Demonstrative Handlungen von jemenitischen Studierenden
16. April 1973
Information Nr. 366/73 über demonstrative Handlungen von studierenden jemenitischen Bürgern in der DDR am 12. April 1973 in der Hauptstadt Berlin
Dem MfS wurde zuverlässig bekannt, dass in der DDR lebende jemenitische Bürger, die an verschiedenen Universitäten, Hoch- und Fachschulen der DDR studieren,1 beabsichtigten, am 12.4.1973 in Berlin, Alexanderplatz, eine Demonstration durchzuführen.

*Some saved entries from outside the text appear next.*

ghost use Rattle.std.specs.Prelude.{◌≡◌, true};
ghost use Rattle.acl.specs.Terms.{ports_allowed, protocol_narrow};

use acl::side::Side;
use acl::terms::{Action, Protocol};

// What a text line says: a line that has no number yet.
#[derive(Clone, Copy)]
pub struct Entry {
    pub action: Action,
    pub protocol: Protocol,
    pub log: bool,
    pub source: Side,
    pub destination: Side,
    ghost protocol_width: { protocol_narrow protocol ≡ true },
    ghost source_ports: { ports_allowed protocol source.ports ≡ true },
    ghost destination_ports: { ports_allowed protocol destination.ports ≡ true },
}
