ghost use Rattle.std.specs.Prelude.{◌≡◌, ok_or, option_map};
ghost use Rattle.acl.specs.declared.refusal.Refusal.TheVariants.{BadNumber};
ghost use Rattle.ios.specs.Entries.{network};
ghost use Rattle.ios.specs.Parsing.{family_of, list_number};

use acl::refusal::Refusal;

// Which form the lines of a list have, told by its number.
#[derive(Clone, Copy)]
pub enum Family {
    Standard,
    Extended,
}

// The number of a list, with the form of its lines.
#[derive(Clone, Copy)]
pub struct ListNumber {
    pub number: u16,
    pub family: Family,
}

// The addresses of a side as written: bits under the wildcard are not cleared yet.
#[derive(Clone, Copy)]
pub struct Network {
    pub address: u32,
    pub wildcard: u32,
}

impl Network {
    // One address alone.
    pub(crate) fn host(address: u32) -> Network
        ensures { result ≡ network address 0 }
    {
        Network {
            address,
            wildcard: 0,
        }
    }
}

// The form of a list's lines, told by the range in which its number lies.
impl TryFrom<u16> for Family {
    type Error = Refusal;

    ghost try_from_gives = { λ number r. r ≡ ok_or (family_of number) BadNumber };

    fn try_from(number: u16) -> Result<Family, Refusal> {
        match number {
            1..=99 | 1300..=1999 => Ok(Family::Standard),
            100..=199 | 2000..=2699 => Ok(Family::Extended),
            _ => Err(Refusal::BadNumber),
        }
    }
}

// A list's number with the form of its lines, where the number is one of a list.
impl TryFrom<u16> for ListNumber {
    type Error = Refusal;

    ghost try_from_gives = { λ number r. r ≡ ok_or (option_map (list_number number) (family_of number)) BadNumber };

    fn try_from(number: u16) -> Result<ListNumber, Refusal> {
        let family = Family::try_from(number)?;
        Ok(ListNumber { number, family })
    }
}
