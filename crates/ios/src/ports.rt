ghost use Rattle.std.specs.Prelude.{◌≡◌, true};
ghost use Rattle.acl.specs.Terms.{ordered};

use acl::terms::PortTest;

// A port test as a side takes it: a range never runs backward.
#[derive(Clone, Copy)]
pub(crate) struct SidePorts {
    pub test: PortTest,
    ghost forward: { ordered test ≡ true },
}

impl SidePorts {
    pub(crate) const ANY: SidePorts = SidePorts {
        test: PortTest::Any,
    };
}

Als Anlass wurde die Veröffentlichung eines Kommuniqués der Jemenitischen Arabischen Republik (JAR) und Saudi-Arabiens genannt, in dem angeblich die Abtretung von Gebieten der JAR an Saudi-Arabien vor dem Zusammenschluss der gegenwärtig existierenden zwei jemenitischen Staaten festgelegt worden sei.2
Die eingeleiteten Überprüfungsmaßnahmen ergaben, dass die Leitung des Verbandes der jemenitischen Studierenden in der DDR alle Mitglieder zur Teilnahme an der Demonstration in Berlin aufgefordert hatte.
Trotz der durch das Ministerium für das Hoch- und Fachschulwesen der DDR (MHF) eingeleiteten Maßnahmen an allen Hoch- und Fachschulen bezüglich der Verhinderung von Reisen jemenitischer Studenten in die Hauptstadt Berlin gelang es insgesamt 61 jemenitischen Bürgern, am 12.4.1973 nach Berlin zu reisen.
Die auf den Fernbahnhöfen in der Hauptstadt ankommenden jemenitischen Studenten wurden in die Hochschule für Ökonomie3 und in das Haus des Lehrers geleitet.
In Aussprachen mit den jemenitischen Studenten gelang es, sie von ihrem Vorhaben – Durchführung einer Demonstration auf dem Alexanderplatz – abzuhalten. In diesen Aussprachen bestanden die jemenitischen Studenten jedoch darauf, Resolutionen zu verfassen und diese Resolutionen den Botschaften der Jemenitischen Arabischen Republik in der DDR bzw. der Demokratischen Volksrepublik Jemen überbringen zu können.
Zu diesem Zweck wurde allen nach Berlin angereisten jemenitischen Studenten eine Zusammenkunft im Haus des Lehrers ermöglicht, wo die Diskussion und Abstimmung über diese Resolutionen erfolgte.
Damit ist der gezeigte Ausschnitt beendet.